- Supplied records:

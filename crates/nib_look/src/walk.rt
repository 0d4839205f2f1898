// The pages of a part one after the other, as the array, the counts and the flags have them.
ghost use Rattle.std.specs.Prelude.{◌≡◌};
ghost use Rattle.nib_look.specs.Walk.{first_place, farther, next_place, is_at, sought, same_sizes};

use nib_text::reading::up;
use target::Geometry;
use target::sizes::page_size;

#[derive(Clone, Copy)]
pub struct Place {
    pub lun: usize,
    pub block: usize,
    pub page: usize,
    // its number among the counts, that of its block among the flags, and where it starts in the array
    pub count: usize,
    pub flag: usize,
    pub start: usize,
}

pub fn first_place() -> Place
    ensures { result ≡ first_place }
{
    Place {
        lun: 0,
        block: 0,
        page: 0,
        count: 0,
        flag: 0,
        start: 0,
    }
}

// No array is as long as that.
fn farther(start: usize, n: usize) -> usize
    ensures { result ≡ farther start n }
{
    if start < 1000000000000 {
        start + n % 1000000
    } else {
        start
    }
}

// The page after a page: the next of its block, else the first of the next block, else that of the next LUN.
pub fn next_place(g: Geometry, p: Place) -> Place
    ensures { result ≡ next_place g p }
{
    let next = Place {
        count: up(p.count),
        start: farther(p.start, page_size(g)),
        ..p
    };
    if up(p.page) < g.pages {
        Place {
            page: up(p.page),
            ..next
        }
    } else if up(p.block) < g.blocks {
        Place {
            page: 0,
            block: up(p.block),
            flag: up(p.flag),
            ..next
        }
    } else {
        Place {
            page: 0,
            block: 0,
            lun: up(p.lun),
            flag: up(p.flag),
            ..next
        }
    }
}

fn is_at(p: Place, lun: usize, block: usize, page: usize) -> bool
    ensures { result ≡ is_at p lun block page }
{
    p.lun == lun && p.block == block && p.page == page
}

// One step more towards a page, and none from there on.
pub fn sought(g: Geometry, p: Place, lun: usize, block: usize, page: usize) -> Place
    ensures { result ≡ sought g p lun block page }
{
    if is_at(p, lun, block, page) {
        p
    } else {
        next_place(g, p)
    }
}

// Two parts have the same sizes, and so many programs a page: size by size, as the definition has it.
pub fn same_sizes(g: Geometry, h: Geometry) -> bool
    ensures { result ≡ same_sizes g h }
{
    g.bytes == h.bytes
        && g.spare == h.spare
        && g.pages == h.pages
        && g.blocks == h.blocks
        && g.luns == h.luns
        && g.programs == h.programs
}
--
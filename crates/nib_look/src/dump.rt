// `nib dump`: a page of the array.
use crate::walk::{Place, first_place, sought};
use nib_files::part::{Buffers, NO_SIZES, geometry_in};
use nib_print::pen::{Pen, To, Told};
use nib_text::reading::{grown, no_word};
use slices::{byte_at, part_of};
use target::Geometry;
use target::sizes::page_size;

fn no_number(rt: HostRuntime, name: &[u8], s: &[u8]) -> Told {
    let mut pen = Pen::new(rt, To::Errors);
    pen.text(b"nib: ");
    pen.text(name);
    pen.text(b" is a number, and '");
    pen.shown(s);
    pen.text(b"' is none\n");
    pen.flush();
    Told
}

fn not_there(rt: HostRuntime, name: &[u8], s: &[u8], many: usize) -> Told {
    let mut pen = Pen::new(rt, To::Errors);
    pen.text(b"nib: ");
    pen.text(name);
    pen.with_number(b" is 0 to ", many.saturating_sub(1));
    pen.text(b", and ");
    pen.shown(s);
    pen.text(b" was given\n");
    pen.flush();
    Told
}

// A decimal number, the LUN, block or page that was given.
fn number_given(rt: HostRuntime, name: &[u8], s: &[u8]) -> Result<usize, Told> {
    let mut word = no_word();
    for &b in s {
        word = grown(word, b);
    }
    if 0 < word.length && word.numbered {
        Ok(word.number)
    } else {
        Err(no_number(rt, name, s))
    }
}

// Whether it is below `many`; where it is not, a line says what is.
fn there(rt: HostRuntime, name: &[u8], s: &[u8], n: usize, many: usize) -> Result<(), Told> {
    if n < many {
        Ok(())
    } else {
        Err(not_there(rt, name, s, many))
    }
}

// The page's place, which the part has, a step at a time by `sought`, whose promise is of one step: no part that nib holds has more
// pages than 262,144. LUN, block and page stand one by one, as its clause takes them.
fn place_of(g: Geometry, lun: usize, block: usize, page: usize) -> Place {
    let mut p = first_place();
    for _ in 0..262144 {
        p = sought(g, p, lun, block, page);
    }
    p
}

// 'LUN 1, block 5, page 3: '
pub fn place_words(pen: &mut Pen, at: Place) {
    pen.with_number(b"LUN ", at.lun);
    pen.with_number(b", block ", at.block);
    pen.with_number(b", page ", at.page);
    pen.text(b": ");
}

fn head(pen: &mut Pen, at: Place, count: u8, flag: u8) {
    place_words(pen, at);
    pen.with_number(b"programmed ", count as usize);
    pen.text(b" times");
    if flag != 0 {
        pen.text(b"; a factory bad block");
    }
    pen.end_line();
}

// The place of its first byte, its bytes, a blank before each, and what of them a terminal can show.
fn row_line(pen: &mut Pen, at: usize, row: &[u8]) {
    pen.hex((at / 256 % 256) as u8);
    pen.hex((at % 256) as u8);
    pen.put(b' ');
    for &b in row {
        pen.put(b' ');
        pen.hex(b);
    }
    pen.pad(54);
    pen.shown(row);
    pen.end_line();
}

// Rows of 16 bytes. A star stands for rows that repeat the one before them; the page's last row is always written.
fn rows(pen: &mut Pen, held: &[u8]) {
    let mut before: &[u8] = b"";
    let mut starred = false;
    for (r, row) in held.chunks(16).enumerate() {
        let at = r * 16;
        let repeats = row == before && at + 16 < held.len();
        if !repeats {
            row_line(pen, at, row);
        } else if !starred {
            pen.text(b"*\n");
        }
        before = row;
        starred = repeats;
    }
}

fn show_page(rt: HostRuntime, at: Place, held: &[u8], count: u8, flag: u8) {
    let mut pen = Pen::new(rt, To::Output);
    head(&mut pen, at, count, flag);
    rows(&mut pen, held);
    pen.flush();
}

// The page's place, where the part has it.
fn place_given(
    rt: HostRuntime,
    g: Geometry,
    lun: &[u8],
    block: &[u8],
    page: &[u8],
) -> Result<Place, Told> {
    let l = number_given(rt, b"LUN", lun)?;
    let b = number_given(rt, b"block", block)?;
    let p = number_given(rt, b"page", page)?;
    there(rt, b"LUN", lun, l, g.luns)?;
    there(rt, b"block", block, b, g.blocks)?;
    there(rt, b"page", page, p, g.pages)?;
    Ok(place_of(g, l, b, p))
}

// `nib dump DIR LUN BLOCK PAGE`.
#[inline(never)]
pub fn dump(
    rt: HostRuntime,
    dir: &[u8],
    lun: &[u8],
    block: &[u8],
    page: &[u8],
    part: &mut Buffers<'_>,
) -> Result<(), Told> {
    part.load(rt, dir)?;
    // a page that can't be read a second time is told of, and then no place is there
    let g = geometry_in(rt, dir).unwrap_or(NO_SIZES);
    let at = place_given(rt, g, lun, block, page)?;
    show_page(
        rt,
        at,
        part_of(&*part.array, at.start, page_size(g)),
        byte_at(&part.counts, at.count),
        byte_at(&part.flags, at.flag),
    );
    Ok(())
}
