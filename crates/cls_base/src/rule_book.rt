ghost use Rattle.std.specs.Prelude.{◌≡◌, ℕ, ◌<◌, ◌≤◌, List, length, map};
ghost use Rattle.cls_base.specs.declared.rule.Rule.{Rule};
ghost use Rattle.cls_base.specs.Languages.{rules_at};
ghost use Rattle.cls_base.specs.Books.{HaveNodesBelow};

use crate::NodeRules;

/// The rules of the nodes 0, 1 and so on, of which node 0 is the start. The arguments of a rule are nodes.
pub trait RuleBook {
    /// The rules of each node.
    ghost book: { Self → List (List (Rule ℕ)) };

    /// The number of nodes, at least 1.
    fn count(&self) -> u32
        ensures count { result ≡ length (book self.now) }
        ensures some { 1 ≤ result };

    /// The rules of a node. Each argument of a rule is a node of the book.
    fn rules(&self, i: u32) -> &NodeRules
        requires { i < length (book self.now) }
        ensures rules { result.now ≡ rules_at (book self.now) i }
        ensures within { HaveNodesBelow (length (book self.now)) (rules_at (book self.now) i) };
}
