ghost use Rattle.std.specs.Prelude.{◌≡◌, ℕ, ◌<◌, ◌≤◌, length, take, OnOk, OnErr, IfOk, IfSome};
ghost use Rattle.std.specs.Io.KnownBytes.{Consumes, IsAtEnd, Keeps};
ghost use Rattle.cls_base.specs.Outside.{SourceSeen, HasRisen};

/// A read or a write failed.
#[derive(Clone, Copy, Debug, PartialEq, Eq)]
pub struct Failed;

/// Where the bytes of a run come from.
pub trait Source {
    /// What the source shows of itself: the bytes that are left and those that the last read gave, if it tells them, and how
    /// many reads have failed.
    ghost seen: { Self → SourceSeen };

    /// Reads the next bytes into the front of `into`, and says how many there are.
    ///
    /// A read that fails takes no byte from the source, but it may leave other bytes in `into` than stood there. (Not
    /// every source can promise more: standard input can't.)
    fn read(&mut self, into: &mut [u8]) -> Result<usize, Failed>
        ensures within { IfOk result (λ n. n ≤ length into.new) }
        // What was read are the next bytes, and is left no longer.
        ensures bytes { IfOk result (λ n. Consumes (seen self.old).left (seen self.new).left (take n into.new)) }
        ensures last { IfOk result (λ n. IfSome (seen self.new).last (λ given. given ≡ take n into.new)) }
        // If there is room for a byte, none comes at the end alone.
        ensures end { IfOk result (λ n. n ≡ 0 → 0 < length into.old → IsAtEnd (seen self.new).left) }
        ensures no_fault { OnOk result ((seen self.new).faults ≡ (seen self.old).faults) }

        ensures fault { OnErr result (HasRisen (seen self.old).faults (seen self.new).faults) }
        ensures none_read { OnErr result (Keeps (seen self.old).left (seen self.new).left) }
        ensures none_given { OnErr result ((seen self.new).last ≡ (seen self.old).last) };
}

- What is being asked: Please filter the entries above down to the lines holding "other" and copy them.

- Written solution:
// The pages of a part one after the other, as the array, the counts and the flags have them.
    /// A read that fails takes no byte from the source, but it may leave other bytes in `into` than stood there. (Not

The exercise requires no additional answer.